Our Common Humanity
In February 2021, one of the darkest periods of the Covid pandemic, I took part in an online literary festival. Each of the featured speakers was given an hour to present his or her work. When my turn came, I read passages from my book The Way of Imagination, and I spoke about the role that imagination plays in social reform, science, art, and ethics. I emphasized how, by nurturing compassion, this mental power may help us to overcome the many forces that divide us.
By the time I finished my presentation, the online audience had posted dozens of questions. The first person called on by the moderator was one of my fellow speakers, a writer of Penobscot lineage who denounced me for using the word “tribal” in my talk, which she took as an insult toward Native Americans. I tried to explain that the word “tribe” could be traced back to the ancient Romans, and that I used “tribalism” to mean the human impulse to create divisions between Us and Them, between those inside and those outside our moral regard. Refusing to listen, she talked over me, called me insensitive, accused me of reinforcing stereotypes about indigenous people as savages. I tried to point out that I had referred to racists and partisan politicians, not to indigenous people, but she continued her diatribe without giving me a chance to respond, and used up half of the time allotted to Q&A. I chose not to argue with her, so that others might have a chance to pose questions or make comments. Next, the moderator called on another of my fellow speakers, a poet, who used up the remainder of the Q&A time to attack me for using the word “we” when talking about artists, because she was convinced that my collective pronoun would not include her, an immigrant from Taiwan, and she resented always being marginalized, forever a victim of colonial contempt from people like me. Again, I had no chance to reply. Having run out of time, I said a brisk goodbye to the audience and logged off the Zoom link. It took me an hour, and a long walk in the park, to calm down.

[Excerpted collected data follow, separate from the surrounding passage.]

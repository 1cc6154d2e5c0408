// The text of what a query selects in a tree.
ghost use Rattle.std.specs.Prelude.{◌≡◌, ◌≤◌, length, IfOk, None, string_bytes};
ghost use Rattle.rows.specs.Rows.{count_of};
ghost use Rattle.query.specs.Queries.{query_of};
ghost use Rattle.tally.specs.Monoid.{marks_of};
ghost use Rattle.selector.specs.Calls.Call.{tally as tally_call};
ghost use Rattle.selector.specs.Steps.{state_of, refusal, told_nodes};
ghost use Rattle.choosing.specs.Choosing.{Tells};

use crate::report::report;
use names::slot::Slot;
use query::parsed::Query;
use select::prepare;
use selector::selector::Selector;
use std::alloc::{AllocError, Global};
use tally::Tally;
use tally::count::Count;
use tally::extent::Extent;
use tally::leading::LeadingTwelve;
use tree::Tree;

// The tally of all nodes, which is due.
fn whole<T: Tree, K: Tally + Drop>(selector: &Selector, tree: &T, work: &[u64], n: usize) -> K
    requires { refusal (state_of selector.now) (count_of (T.rows tree.now)) (length work.now) (tally_call 0 n) ≡ None }
    ensures { K.value result ≡ marks_of K.empty K.mark K.join (told_nodes (state_of selector.now) work.now 0 n) }
{
    selector.tally(tree, work, 0, n).unwrap()
}

// The text for a query, a name store and a tree, in lent memory.
pub(crate) fn select_text<T: Tree>(
    heap: Global,
    tree: &T,
    query: &Query,
    names: &[Slot],
    program: &mut [u8],
    work: &mut [u64],
) -> Result<String, AllocError>
    requires bytes { 2048 ≤ length program.old }
    requires words { 8192 ≤ length work.old }
    ensures { IfOk result (λ s. Tells names.now (query_of query.now) (T.rows tree.now) (string_bytes s)) }
{
    let mut selector = Selector::new();
    // granted, since there is memory enough; its other clause tells what is then ready
    let _ = prepare(&mut selector, query, names, tree, program, work);
    let n = tree.count();
    let selected: Count = whole(&selector, tree, work, n);
    let extent: Extent = whole(&selector, tree, work, n);
    let leading: LeadingTwelve = whole(&selector, tree, work, n);
    report(heap, n, selected, extent, leading)
}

Each of these attacks had been triggered by a single word—“tribal” and “we”—and by assumptions about my attitudes for which the two writers had no evidence aside from what they saw on the screen. What they saw was a seventy-something, white-bearded, pale-skinned male, who they felt certain must be hostile toward them as individuals and toward those with whom they identified. In short, they saw me as belonging to an alien tribe, someone to fear and despise.
This was not the first time I had been given a taste of what it feels like to be profiled, to be judged by my outward appearance, nor would it be the last. White guys have it coming. I get that. But this experience of being stereotyped, while instructive, was also disturbing, which is why I am mulling over the event a year later. If we had met in person instead of onscreen, if we had sat at a table and learned about one another's lives over cups of coffee, would my fellow writers have been so quick to assume the worst about me? If they had read any of my books, would they have realized that I treat with respect both immigrants and indigenous people? Would they have discovered that I am an ally rather than an enemy?
What most troubles me is the possibility that these two writers, and many other bearers of personal as well as historical grievances, need to see me—and people who look like me—as irredeemably Other. If this is so, they will never believe that when I say “we” I include them and all the rest of humankind, and when they say “we” they will never include a great many people who care about their suffering and their heritage. So we must listen to one another, patiently, forever open to the possibility of kinship.